*** Opening of Task inputs ***

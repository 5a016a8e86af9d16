//! Values that the constructs stand on: character references, identifiers, classes of characters, and the limits; and what helps with events: edits,
//! slices of the document, and the search for a name.

pub use markdown_content::util::{skip, slice};
pub use markdown_engine_events::util::edit_map;
pub use markdown_util::util::{char, normalize_identifier};

/// The text that a character reference stands for, and texts with references.
pub mod character_reference {
    pub use markdown_util::decoding::{
        Decoding, decode, decode_by, decode_in, decode_numeric, decode_numeric_by, parse,
    };
    pub use markdown_util::util::character_reference::{
        Names, decode_named, decode_named_in, known_names, value_max, value_test,
    };
}

/// The limits of the inline grammar, and the tables of named character references.
pub mod constant {
    // The longest document, in bytes, and the distance between two tab stops, in columns: the engine asks for both.
    pub use markdown_content::content::DOCUMENT_LIMIT;
    pub use markdown_content::walk::TAB_SIZE;
    pub use markdown_util::util::constant::{
        AUTOLINK_DOMAIN_SIZE_MAX, AUTOLINK_SCHEME_SIZE_MAX, CHARACTER_REFERENCE_DECIMAL_SIZE_MAX,
        CHARACTER_REFERENCE_HEXADECIMAL_SIZE_MAX, CHARACTER_REFERENCE_NAMED_SIZE_MAX,
        CHARACTER_REFERENCES, CHARACTER_REFERENCES_HTML, CHARACTER_REFERENCES_HTML_4,
        HARD_BREAK_PREFIX_SIZE_MIN, HTML_CDATA_PREFIX, LINK_REFERENCE_SIZE_MAX,
        RESOURCE_DESTINATION_BALANCE_MAX,
    };
}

*** Close of Task inputs ***

Task directions
Go through the records and copy each line with "that" in it.

Output for this task
//! Values that the constructs stand on: character references, identifiers, classes of characters, and the limits; and what helps with events: edits,
/// The text that a character reference stands for, and texts with references.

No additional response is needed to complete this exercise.